International Scientific Invention Journals
Title: Clinical Utility of Plasma uPA and PAI-1 as a Prognostic Biomarker in Breast Cancer
Description:
Background: Breast cancer represents the most frequently diagnosed form of cancer on a global scale and stands as the primary cause of cancer-related mortality among women.
Metastasis of tumors constitutes a significant factor contributing to mortality in breast cancer cases.
The urokinase-type plasminogen activator system, including uPA, uPAR, PAI-1 and PAI-2, is crucial for tumor progression and metastasis.

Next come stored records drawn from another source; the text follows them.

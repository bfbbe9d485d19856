//! The live registers of one function.

ghost use Rattle.std.specs.Prelude.{◌≡◌, ◌<◌, ◌^◌, ℕ, List, All, IfOk, OnOk, length, slice_index};
ghost use Rattle.std.specs.List.Sorted.{IsStrictlyIncreasing};
ghost use Rattle.cfg_model.specs.Graph.Function.{IsFunction};
ghost use Rattle.cfg_model.specs.Graph.Graph.{IsOutline};
ghost use Rattle.mask_flow.specs.Reaches.{HaveAll, IsWithin};
ghost use Rattle.live_regs.specs.Masks.{AreLivesOf};
ghost use Rattle.live_regs.specs.Noted.{IsNoted};
ghost use Rattle.live_regs.specs.Inner.{AreItemsOf};

use crate::gather::Nodes;
use crate::program::Program;
use cfg_model::{Chains, Function, Live, Lives, Memory, Outline};
use elf_image::Image;
use mask_flow::{Spreading, Way, spread};
use std::alloc::Global;

/// What is kept from one function to the next, so that memory is asked for seldom.
#[derive(Drop)]
pub struct Scratch {
    nodes: Nodes,
    spreading: Spreading,
}

impl Scratch {
    /// Nothing is kept yet.
    pub fn new(alloc: Global) -> Scratch {
        Scratch {
            nodes: Nodes::new(alloc),
            spreading: Spreading::new(alloc),
        }
    }
}

/// The live registers of one function: for each block of its body, in order. [`Memory`] if memory
/// ran out.
///
/// Time: O(bytes of the function's blocks), for each of its edges a search among the blocks, and up
/// to 31 visits of each edge, mostly one or two. Memory: 16 bytes a block, and O(blocks + edges) of
/// the function meanwhile. For many functions [`lives_with`] takes less time.
pub fn lives<C: Chains>(
    alloc: Global,
    image: &Image,
    code: &C,
    outline: &Outline,
    function: &Function,
) -> Result<Lives, Memory>
    requires { (seeds : List ℕ)
        × IsOutline (C.map code.now) seeds outline.now.blocks outline.now.edges
        × IsFunction (C.map code.now) seeds function.now }
    ensures { IfOk result (AreLivesOf image.now outline.now.blocks outline.now.edges
        function.now.body) }
{
    let _ = code.has(0);
    let blocks = outline.blocks.as_slice();
    let edges = outline.edges.as_slice();
    let program = Program::new(image, blocks, edges, Vec::new(alloc));
    lives_with(alloc, &program, function, &mut Scratch::new(alloc))
}

/// The same, from what is noted of the blocks of the program. [`Memory`] if memory ran out.
///
/// Time: for each edge of the function a look or a search, and up to 31 visits, mostly one or two;
/// and the bytes of those blocks that are not noted. Memory: 16 bytes a block, and what `scratch`
/// keeps, O(blocks + edges) of the largest function.
pub fn lives_with(
    alloc: Global,
    program: &Program,
    function: &Function,
    scratch: &mut Scratch,
) -> Result<Lives, Memory>
    requires noted { IsNoted program.now }
    requires rising { IsStrictlyIncreasing function.now.body }
    ensures { IfOk result (AreLivesOf program.now.image.now program.now.blocks.now
        program.now.edges.now function.now.body) }
{
    let body = function.body.as_slice();
    let nodes = &mut scratch.nodes;
    nodes.begin(program, body)?;
    let items = spread_items(
        alloc,
        body,
        &nodes.ways,
        &nodes.stops,
        &mut nodes.masks,
        &mut scratch.spreading,
    )?;
    Ok(Lives::from_vec(items))
}

/// Spreads the masks, and puts each beside its address.
fn spread_items(
    alloc: Global,
    body: &[u64],
    ways: &[Way],
    stops: &[u32],
    masks: &mut [u32],
    spreading: &mut Spreading,
) -> Result<Vec<Live>, Memory>
    requires within { All (IsWithin (length masks.old)) ways.now }
    requires stops { length stops.now ≡ length masks.old }
    requires body { length body.now ≡ length masks.old }
    ensures spread { OnOk result (HaveAll masks.old stops.now ways.now masks.new) }
    ensures items { IfOk result (λ v. AreItemsOf body.now masks.new v.items) }
    ensures size { OnOk result ((i : ℕ) → slice_index masks.new i < 2 ^ 32) }
{
    spread(spreading, ways, stops, masks)?;
    items_of(alloc, body, masks)
}

/// Each address with its mask.
fn items_of(alloc: Global, body: &[u64], masks: &[u32]) -> Result<Vec<Live>, Memory>
    requires { length masks.now ≡ length body.now }
    ensures { IfOk result (λ v. AreItemsOf body.now masks.now v.items) }
{
    let mut items = Vec::with_capacity(alloc, body.len())?;
    for (place, &block) in body.iter().enumerate() {
        items.push(Live {
            block,
            mask: masks[place],
        })?;
    }
    Ok(items)
}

Their combination is a validated prognostic marker for both node-negative and node-positive breast cancer, guiding treatment decisions for early breast cancer.
This study aims to analyse uPA and PAI-1 levels in breast carcinoma patients and their correlation with disease stage, hormonal status, and potential use as prognostic indicators.
Objective: To estimate the plasma levels of uPA and PAI-1 in patients with breast carcinoma and compare them to those in the control group.
To correlate these markers (uPA and PAI-1) with other clinicopathological parameters.
Methods: A cross-sectional analytical study was conducted on 30 biopsy-proven breast cancer patients.
Blood samples were collected to analyse uPA and PAI-1 levels and coagulation profiles.
The correlation between uPA and PAI-1 levels and other clinicopathological parameters was studied.
Results: Our study observed a statistically significant association of uPA levels with increasing tumor size, higher tumor stage, lymphadenopathy and higher ki67 index (<0.
05).
On the contrary, the association of uPA levels with ER/PR and HER2/neu receptor status was insignificant.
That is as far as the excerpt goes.